▶ **To do**
Once you reach the line containing "pub struct Patterns<'a>" in the data below, restate each line word for word up to and including the one containing "the list (XCU".

▶ **Data extracts**

ghost use Rattle.std.specs.Prelude.{not, ◌&&◌, ◌≡◌, ℕ, ◌*◌, length};
ghost use Rattle.word_bits.specs.Counts.{some};
ghost use Rattle.sets.specs.CheckedSets.{members};
ghost use Rattle.sets.specs.Members.{bit_of};
ghost use Rattle.sets.specs.Refusals.{told_of};
ghost use Rattle.comparisons.specs.Relations.{disjoint};
ghost use Rattle.comparisons.specs.Rules.{is_disjoint_rule, is_subset_rule, is_superset_rule};

use crate::search::first_joined;
use sets::{Checked, FixedBitSet, Refusal};
use tests::first_other;

// Whether no member is in both: beyond the words that both have there is none.
fn disjoint_by_words(a: Checked, b: Checked) -> bool
    ensures { result ≡ disjoint (members a.entry) (members b.entry) }
{
    let shared = a.words.len().min(b.words.len());
    shared <= first_joined(a.words, b.words, |x, y| x & y)
}

// Whether each bit of the first words is set in the others: word by word where both have words, and beyond them none.
// Slices: that a word fits in 64 bits is known of a slice that is a parameter, and not of one that is a field.
pub fn subset_by_words(words: &[u64], other: &[u64]) -> bool
    ensures { result ≡ not (some (length words.now * 64) (λ (p : ℕ). bit_of words.now p && not (bit_of other.now p))) }
{
    let shared = words.len().min(other.len());
    if first_joined(words, other, |x, y| x & !y) < shared {
        return false;
    }
    words.len() <= first_other(words, shared, words.len(), 0)
}

// Whether the two sets have no common member. Asks 1 to 3 of both sets.
pub fn is_disjoint(
    a: FixedBitSet,
    words: &[u64],
    b: FixedBitSet,
    other: &[u64],
) -> Result<bool, Refusal>
    ensures { told_of result ≡ is_disjoint_rule a words.now b other.now }
{
    let (a, b) = Checked::both(a, words, b, other)?;
    Ok(disjoint_by_words(a, b))
}

// Whether each member of the first set is in the second. Asks 1 to 3 of both sets.
pub fn is_subset(
    a: FixedBitSet,
    words: &[u64],
    b: FixedBitSet,
    other: &[u64],
) -> Result<bool, Refusal>
    ensures { told_of result ≡ is_subset_rule a words.now b other.now }
{
    let (a, b) = Checked::both(a, words, b, other)?;
    Ok(subset_by_words(a.words, b.words))
}

// Whether each member of the second set is in the first. Asks 1 to 3 of both sets, in the order of the arguments.
pub fn is_superset(
    a: FixedBitSet,
    words: &[u64],
    b: FixedBitSet,
    other: &[u64],
) -> Result<bool, Refusal>
    ensures { told_of result ≡ is_superset_rule a words.now b other.now }
{
    let (a, b) = Checked::both(a, words, b, other)?;
    Ok(subset_by_words(b.words, a.words))
}
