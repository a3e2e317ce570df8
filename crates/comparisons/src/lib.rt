// Tests of two sets, their equality and order, and the words of the longer.
#![tactic(auto)]

mod longer_set;
mod orders;
mod relations;
mod search;

pub use longer_set::{longer, longer_number};
pub use orders::{Compared, cmp, eq};
pub use relations::{is_disjoint, is_subset, is_superset, subset_by_words};
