ghost use Rattle.std.specs.Prelude.{◌≡◌};
ghost use Rattle.next_many.specs.Rules.{many_outcome, many_pair_outcome, ones_next_many_rule, zeroes_next_many_rule, intersection_next_many_rule, difference_next_many_rule, union_next_many_rule, symmetric_difference_next_many_rule};

use next_many::{
    NextMany, NextManyPair, difference_next_many, intersection_next_many, ones_next_many,
    symmetric_difference_next_many, union_next_many, zeroes_next_many,
};
use sets::{FixedBitSet, Part};

#[unsafe(no_mangle)]
pub extern "C" fn fbs_ones_next_many(
    set: FixedBitSet,
    words: &[u64],
    part: Part,
    out: &mut [u64],
) -> NextMany
    ensures { many_outcome result out.new ≡ ones_next_many_rule set words.now part out.old }
{
    NextMany::new(part, ones_next_many(set, words, part, out))
}

#[unsafe(no_mangle)]
pub extern "C" fn fbs_zeroes_next_many(
    set: FixedBitSet,
    words: &[u64],
    part: Part,
    out: &mut [u64],
) -> NextMany
    ensures { many_outcome result out.new ≡ zeroes_next_many_rule set words.now part out.old }
{
    NextMany::new(part, zeroes_next_many(set, words, part, out))
}

#[unsafe(no_mangle)]
pub extern "C" fn fbs_intersection_next_many(
    a: FixedBitSet,
    words: &[u64],
    b: FixedBitSet,
    other: &[u64],
    part: Part,
    out: &mut [u64],
) -> NextMany
    ensures { many_outcome result out.new ≡ intersection_next_many_rule a words.now b other.now part out.old }
{
    NextMany::new(part, intersection_next_many(a, words, b, other, part, out))
}

#[unsafe(no_mangle)]
pub extern "C" fn fbs_difference_next_many(
    a: FixedBitSet,
    words: &[u64],
    b: FixedBitSet,
    other: &[u64],
    part: Part,
    out: &mut [u64],
) -> NextMany
    ensures { many_outcome result out.new ≡ difference_next_many_rule a words.now b other.now part out.old }
{
    NextMany::new(part, difference_next_many(a, words, b, other, part, out))
}

#[unsafe(no_mangle)]
pub extern "C" fn fbs_union_next_many(
    a: FixedBitSet,
    words: &[u64],
    b: FixedBitSet,
    other: &[u64],
    one: Part,
    two: Part,
    out: &mut [u64],
) -> NextManyPair
    ensures { many_pair_outcome result out.new ≡ union_next_many_rule a words.now b other.now one two out.old }
{
    let answer = union_next_many(a, words, b, other, one, two, out);
    NextManyPair::new(one, two, answer)
}

#[unsafe(no_mangle)]
pub extern "C" fn fbs_symmetric_difference_next_many(
    a: FixedBitSet,
    words: &[u64],
    b: FixedBitSet,
    other: &[u64],
    one: Part,
    two: Part,
    out: &mut [u64],
) -> NextManyPair
    ensures { many_pair_outcome result out.new ≡ symmetric_difference_next_many_rule a words.now b other.now one two out.old }
{
    let answer = symmetric_difference_next_many(a, words, b, other, one, two, out);
    NextManyPair::new(one, two, answer)
}
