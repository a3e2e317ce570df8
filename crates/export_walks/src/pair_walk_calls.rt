ghost use Rattle.std.specs.Prelude.{◌≡◌};
ghost use Rattle.walks.specs.Rules.{intersection_next_rule, intersection_next_back_rule, difference_next_rule, difference_next_back_rule};
ghost use Rattle.walks.specs.Rules.{union_next_rule, union_next_back_rule, symmetric_difference_next_rule, symmetric_difference_next_back_rule};
ghost use Rattle.export_answers.specs.Answers.{export_stepped, export_stepped_pair};

use export_answers::{FbsStepped, FbsSteppedPair};
use sets::{FixedBitSet, Part};
use two_part_walks::{
    symmetric_difference_next, symmetric_difference_next_back, union_next, union_next_back,
};
use walks::{difference_next, difference_next_back, intersection_next, intersection_next_back};

#[unsafe(no_mangle)]
pub extern "C" fn fbs_intersection_next(
    a: FixedBitSet,
    words: &[u64],
    b: FixedBitSet,
    other: &[u64],
    part: Part,
) -> FbsStepped
    ensures { result ≡ export_stepped (intersection_next_rule a words.now b other.now part) }
{
    FbsStepped::new(part, intersection_next(a, words, b, other, part))
}

#[unsafe(no_mangle)]
pub extern "C" fn fbs_intersection_next_back(
    a: FixedBitSet,
    words: &[u64],
    b: FixedBitSet,
    other: &[u64],
    part: Part,
) -> FbsStepped
    ensures { result ≡ export_stepped (intersection_next_back_rule a words.now b other.now part) }
{
    FbsStepped::new(part, intersection_next_back(a, words, b, other, part))
}

#[unsafe(no_mangle)]
pub extern "C" fn fbs_difference_next(
    a: FixedBitSet,
    words: &[u64],
    b: FixedBitSet,
    other: &[u64],
    part: Part,
) -> FbsStepped
    ensures { result ≡ export_stepped (difference_next_rule a words.now b other.now part) }
{
    FbsStepped::new(part, difference_next(a, words, b, other, part))
}

#[unsafe(no_mangle)]
pub extern "C" fn fbs_difference_next_back(
    a: FixedBitSet,
    words: &[u64],
    b: FixedBitSet,
    other: &[u64],
    part: Part,
) -> FbsStepped
    ensures { result ≡ export_stepped (difference_next_back_rule a words.now b other.now part) }
{
    FbsStepped::new(part, difference_next_back(a, words, b, other, part))
}

#[unsafe(no_mangle)]
pub extern "C" fn fbs_union_next(
    a: FixedBitSet,
    words: &[u64],
    b: FixedBitSet,
    other: &[u64],
    one: Part,
    two: Part,
) -> FbsSteppedPair
    ensures { result ≡ export_stepped_pair (union_next_rule a words.now b other.now one two) }
{
    FbsSteppedPair::new(one, two, union_next(a, words, b, other, one, two))
}

#[unsafe(no_mangle)]
pub extern "C" fn fbs_union_next_back(
    a: FixedBitSet,
    words: &[u64],
    b: FixedBitSet,
    other: &[u64],
    one: Part,
    two: Part,
) -> FbsSteppedPair
    ensures { result ≡ export_stepped_pair (union_next_back_rule a words.now b other.now one two) }
{
    FbsSteppedPair::new(one, two, union_next_back(a, words, b, other, one, two))
}

#[unsafe(no_mangle)]
pub extern "C" fn fbs_symmetric_difference_next(
    a: FixedBitSet,
    words: &[u64],
    b: FixedBitSet,
    other: &[u64],
    one: Part,
    two: Part,
) -> FbsSteppedPair
    ensures { result ≡ export_stepped_pair (symmetric_difference_next_rule a words.now b other.now one two) }
{
    FbsSteppedPair::new(
        one,
        two,
        symmetric_difference_next(a, words, b, other, one, two),
    )
}

#[unsafe(no_mangle)]
pub extern "C" fn fbs_symmetric_difference_next_back(
    a: FixedBitSet,
    words: &[u64],
    b: FixedBitSet,
    other: &[u64],
    one: Part,
    two: Part,
) -> FbsSteppedPair
    ensures { result ≡ export_stepped_pair (symmetric_difference_next_back_rule a words.now b other.now one two) }
{
    FbsSteppedPair::new(
        one,
        two,
        symmetric_difference_next_back(a, words, b, other, one, two),
    )
}
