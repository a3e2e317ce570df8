ghost use Rattle.std.specs.Prelude.{◌≡◌};
ghost use Rattle.walks.specs.Rules.{first_part, ones_next_rule, ones_next_back_rule, zeroes_next_rule};
ghost use Rattle.walkers.specs.Rules.{walker_rule};
ghost use Rattle.export_answers.specs.Answers.{export_stepped};
ghost use Rattle.export_walks.specs.Ends.{end_at};

use export_answers::FbsStepped;
use parts::End;
use sets::{FixedBitSet, Part};
use walkers::walker_step;
use walks::{first_part, ones_next, ones_next_back, zeroes_next};

// No `From`: a bool alone does not say which end it is.
fn end_at(back: bool) -> End
    ensures { result ≡ end_at back }
{
    if back { End::Back } else { End::Front }
}

#[unsafe(no_mangle)]
pub extern "C" fn fbs_first_part(set: FixedBitSet) -> Part
    ensures { result ≡ first_part set }
{
    first_part(set)
}

#[unsafe(no_mangle)]
pub extern "C" fn fbs_ones_next(set: FixedBitSet, words: &[u64], part: Part) -> FbsStepped
    ensures { result ≡ export_stepped (ones_next_rule set words.now part) }
{
    FbsStepped::new(part, ones_next(set, words, part))
}

#[unsafe(no_mangle)]
pub extern "C" fn fbs_ones_next_back(set: FixedBitSet, words: &[u64], part: Part) -> FbsStepped
    ensures { result ≡ export_stepped (ones_next_back_rule set words.now part) }
{
    FbsStepped::new(part, ones_next_back(set, words, part))
}

#[unsafe(no_mangle)]
pub extern "C" fn fbs_zeroes_next(set: FixedBitSet, words: &[u64], part: Part) -> FbsStepped
    ensures { result ≡ export_stepped (zeroes_next_rule set words.now part) }
{
    FbsStepped::new(part, zeroes_next(set, words, part))
}

#[unsafe(no_mangle)]
pub extern "C" fn fbs_walker_step(
    set: FixedBitSet,
    words: &[u64],
    part: Part,
    back: bool,
) -> FbsStepped
    ensures { result ≡ export_stepped (walker_rule set words.now part (end_at back)) }
{
    FbsStepped::new(part, walker_step(set, words, part, end_at(back)))
}
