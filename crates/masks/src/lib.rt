// A range of positions and its mask in each 64-bit word.
#![tactic(auto)]

mod range_masks;

pub use range_masks::{Masks, range_mask};
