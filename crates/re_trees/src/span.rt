/// A stretch of bytes, from its first byte to the place after its last, both counted from 0: a part
/// of a line, which is not empty, or a line of a block, which may be empty.
#[derive(Clone, Copy, PartialEq, Eq, Debug, Drop)]
pub struct Span {
    /// The place of the first byte.
    pub start: usize,
    /// The place after the last byte.
    pub end: usize,
}
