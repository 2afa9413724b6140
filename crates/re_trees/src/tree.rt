//! Regular expressions as trees.
ghost use Rattle.std.specs.Prelude.{◌+◌, ◌<◌, ◌≤◌, vec_len, vec_capacity};
ghost use Rattle.re_trees.specs.Working.Nodes.{nodes_of, nodes_of_all, nodes_left, IsTaken};

use crate::bytes::ByteSet;

/// A regular expression, apart from how it is written (XBD 9.3, 9.4). `expression_of` in
/// `specs/Expression.antt` says what each form means, and `Holds` in `specs/Holds.antt` where it
/// matches.
pub enum Tree {
    /// Matches the empty string.
    Empty,
    /// One byte of the set.
    Set(ByteSet),
    /// One byte outside the set.
    Not(ByteSet),
    /// The line's first place, an anchor (XBD 9.3.8).
    Begin,
    /// The line's last place, an anchor.
    End,
    /// The parts one after another.
    Cat(Vec<Tree>),
    /// Any one of the branches (XBD 9.4.7).
    Alt(Vec<Tree>),
    /// The part repeated, at least as often as the first number says, and at most as often as the
    /// second, if there is one (XBD 9.3.6).
    Repeat(Box<Tree>, u16, Option<u16>),
}

/// A part that was taken of a tree, if it has one, and the trees that are left.
type Taken = (Option<Tree>, Option<Vec<Tree>>);

/// The trees and the rest, in the place of a tree that was taken.
fn with_rest(mut trees: Vec<Tree>, rest: Option<Vec<Tree>>) -> Vec<Tree>
    requires { vec_len trees < vec_capacity trees }
    ensures { nodes_of_all result.items ≤ nodes_of_all trees.items + nodes_left rest + 1 }
{
    match rest {
        None => trees,
        Some(rest) => {
            trees.push_reserved(Tree::Cat(rest));
            trees
        }
    }
}

/// Takes the last part. The others are left, and the rest.
fn take_last(mut parts: Vec<Tree>, rest: Option<Vec<Tree>>) -> Taken
    ensures { IsTaken (nodes_of_all parts.items + 1) (nodes_left rest) result.0
        (nodes_left result.1) }
{
    match parts.pop() {
        None => {
            parts.destroy_empty();
            (None, rest)
        }
        Some(last) => (Some(last), Some(with_rest(parts, rest))),
    }
}

impl Tree {
    /// Takes a part of the tree. Its others are left, and the rest.
    fn take_part(self, rest: Option<Vec<Tree>>) -> Taken
        ensures { IsTaken (nodes_of self) (nodes_left rest) result.0 (nodes_left result.1) }
    {
        match self {
            Tree::Empty => (None, rest),
            Tree::Set(_) => (None, rest),
            Tree::Not(_) => (None, rest),
            Tree::Begin => (None, rest),
            Tree::End => (None, rest),
            Tree::Cat(parts) => take_last(parts, rest),
            Tree::Alt(parts) => take_last(parts, rest),
            Tree::Repeat(part, _, _) => (Some(Box::into_inner(part)), rest),
        }
    }

    /// Takes a part of the tree, a part of that part, and so on. The others of each are left, and
    /// the rest.
    fn take_apart(mut self, rest: Option<Vec<Tree>>) -> Option<Vec<Tree>>
        ensures { nodes_left result < nodes_of self + nodes_left rest }
    {
        let mut left = rest;
        'parts: loop {
            let (part, others) = self.take_part(left);
            match part {
                None => return others,
                Some(next) => {
                    self = next;
                    left = others;
                }
            }
        }
    }
}

/// Loops in place of a recursion, since a pattern may nest trees deep. They need no memory: the
/// trees that are left are kept in the places of parts that were taken.
impl Drop for Tree {
    fn drop(mut self) {
        let mut rest = None;
        'trees: loop {
            rest = self.take_apart(rest);
            match rest {
                None => return,
                Some(mut trees) => match trees.pop() {
                    None => {
                        trees.destroy_empty();
                        return;
                    }
                    Some(tree) => {
                        self = tree;
                        rest = Some(trees);
                    }
                },
            }
        }
    }
}
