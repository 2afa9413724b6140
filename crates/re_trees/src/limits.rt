//! Limits of this grep, as in `specs/Limits.antt`.

/// The greatest number of positions of an expression, its intervals written out.
pub const MOST_POSITIONS: usize = 4096;

/// The greatest number of patterns.
pub const MOST_PATTERNS: usize = 65535;
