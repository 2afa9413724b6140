ghost use Rattle.std.specs.Prelude.{◌≡◌, ◌++◌, codes};
ghost use Rattle.re_trees.specs.Bytes.{class_name};

/// A class of bytes in the POSIX locale (XBD 7.3.1), as a bracket expression names it. Its bytes
/// are `in_class` of `specs/Bytes.antt`.
#[derive(Clone, Copy, PartialEq, Eq, Debug, Drop)]
pub enum Class {
    /// `A` to `Z`.
    Upper,
    /// `a` to `z`.
    Lower,
    /// `0` to `9`.
    Digit,
    /// The letters.
    Alpha,
    /// The letters and digits.
    Alnum,
    /// The space and the tab.
    Blank,
    /// The space, and the bytes 9 to 13.
    Space,
    /// The bytes 0 to 31, and 127.
    Cntrl,
    /// The printing bytes without the space, the letters and the digits.
    Punct,
    /// The printing bytes without the space.
    Graph,
    /// The bytes 32 to 126.
    Print,
    /// The digits, `A` to `F` and `a` to `f`.
    Xdigit,
}

impl Class {
    /// Each class once.
    pub const ALL: [Class; 12] = [
        Class::Upper,
        Class::Lower,
        Class::Digit,
        Class::Alpha,
        Class::Alnum,
        Class::Blank,
        Class::Space,
        Class::Cntrl,
        Class::Punct,
        Class::Graph,
        Class::Print,
        Class::Xdigit,
    ];

    /// The name of the class in a bracket expression, and the `:]` that ends it there.
    pub fn closed_name(self) -> &'static [u8]
        ensures { result.now ≡ class_name self ++ codes ":]" }
    {
        match self {
            Class::Upper => b"upper:]",
            Class::Lower => b"lower:]",
            Class::Digit => b"digit:]",
            Class::Alpha => b"alpha:]",
            Class::Alnum => b"alnum:]",
            Class::Blank => b"blank:]",
            Class::Space => b"space:]",
            Class::Cntrl => b"cntrl:]",
            Class::Punct => b"punct:]",
            Class::Graph => b"graph:]",
            Class::Print => b"print:]",
            Class::Xdigit => b"xdigit:]",
        }
    }
}
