ghost use Rattle.std.specs.{Prelude.◌≡◌, Iterator.{YieldsFirstRef, item_count}};
ghost use Rattle.re_trees.specs.Lines.{list_of, lines_of};

use memchr::memchr;
use std::marker::Model;

/// The patterns of a list that the iterator has not returned yet, in order. A contract sees the
/// list of their texts.
#[derive(Drop)]
pub struct Patterns<'a> {
    rest: Option<&'a [u8]>,
}

impl<'a> Model for Patterns<'a> {
    ghost use Rattle.std.specs.Prelude.{ℕ, List};
    ghost use Rattle.re_trees.specs.Working.Splits.{texts_of_rest};

    ghost Value = { List (List ℕ) };

    ghost view = { λ p. texts_of_rest p.rest };
}

/// The patterns of a pattern list: the texts between its newlines, each a part of the list (XCU
/// grep, OPERANDS). So `k` newlines give `k + 1` patterns, and the empty list gives one empty
/// pattern.
pub fn split_list(text: &[u8]) -> Patterns<'_>
    ensures { result ≡ list_of text.now }
{
    Patterns { rest: Some(text) }
}

impl<'a> Iterator for Patterns<'a> {
    type Item = &'a [u8];

    ghost next_gives = { YieldsFirstRef (λ texts. texts) };

    ghost remaining = { item_count (λ texts. texts) };

    fn next(&mut self) -> Option<&'a [u8]> {
        let rest = self.rest?;
        match rest.iter().position(|b| *b == b'\n') {
            Some(at) => {
                self.rest = Some(&rest[at + 1..]);
                Some(&rest[..at])
            }
            None => {
                self.rest = None;
                Some(rest)
            }
        }
    }
}

/// The patterns of a pattern file that the iterator has not returned yet, in order. A contract sees
/// the list of their texts.
#[derive(Drop)]
pub struct FilePatterns<'a> {
    rest: &'a [u8],
}

impl<'a> Model for FilePatterns<'a> {
    ghost use Rattle.std.specs.Prelude.{ℕ, List};
    ghost use Rattle.re_trees.specs.Lines.{lines_of};

    ghost Value = { List (List ℕ) };

    ghost view = { λ p. lines_of p.rest.now };
}

/// The patterns of a pattern file: its lines, each a part of the text (XCU grep, option `-f`). A
/// last line may lack its newline. An empty line is an empty pattern, and an empty file has none.
pub fn split_file(text: &[u8]) -> FilePatterns<'_>
    ensures { result ≡ lines_of text.now }
{
    FilePatterns { rest: text }
}

impl<'a> Iterator for FilePatterns<'a> {
    type Item = &'a [u8];

    ghost next_gives = { YieldsFirstRef (λ texts. texts) };

    ghost remaining = { item_count (λ texts. texts) };

    fn next(&mut self) -> Option<&'a [u8]> {
        let rest = self.rest;
        if rest.is_empty() {
            return None;
        }
        match memchr(b'\n', rest) {
            Some(at) => {
                let line = &rest[..at];
                self.rest = &rest[at + 1..];
                Some(line)
            }
            None => {
                self.rest = &rest[rest.len()..];
                Some(rest)
            }
        }
    }
}
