//! Regular expressions as trees, and what the texts are on which they are searched.
#![tactic(auto)]

mod bytes;
mod case_fold;
mod class;
mod limits;
mod span;
mod split;
mod tree;

pub use bytes::ByteSet;
pub use case_fold::fold;
pub use class::Class;
pub use limits::{MOST_PATTERNS, MOST_POSITIONS};
pub use span::Span;
pub use split::{FilePatterns, Patterns, split_file, split_list};
pub use tree::Tree;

▶ **Solved problem**
pub struct Patterns<'a> {
    rest: Option<&'a [u8]>,
}

impl<'a> Model for Patterns<'a> {
    ghost use Rattle.std.specs.Prelude.{ℕ, List};
    ghost use Rattle.re_trees.specs.Working.Splits.{texts_of_rest};

    ghost Value = { List (List ℕ) };

    ghost view = { λ p. texts_of_rest p.rest };
}

/// The patterns of a pattern list: the texts between its newlines, each a part of the list (XCU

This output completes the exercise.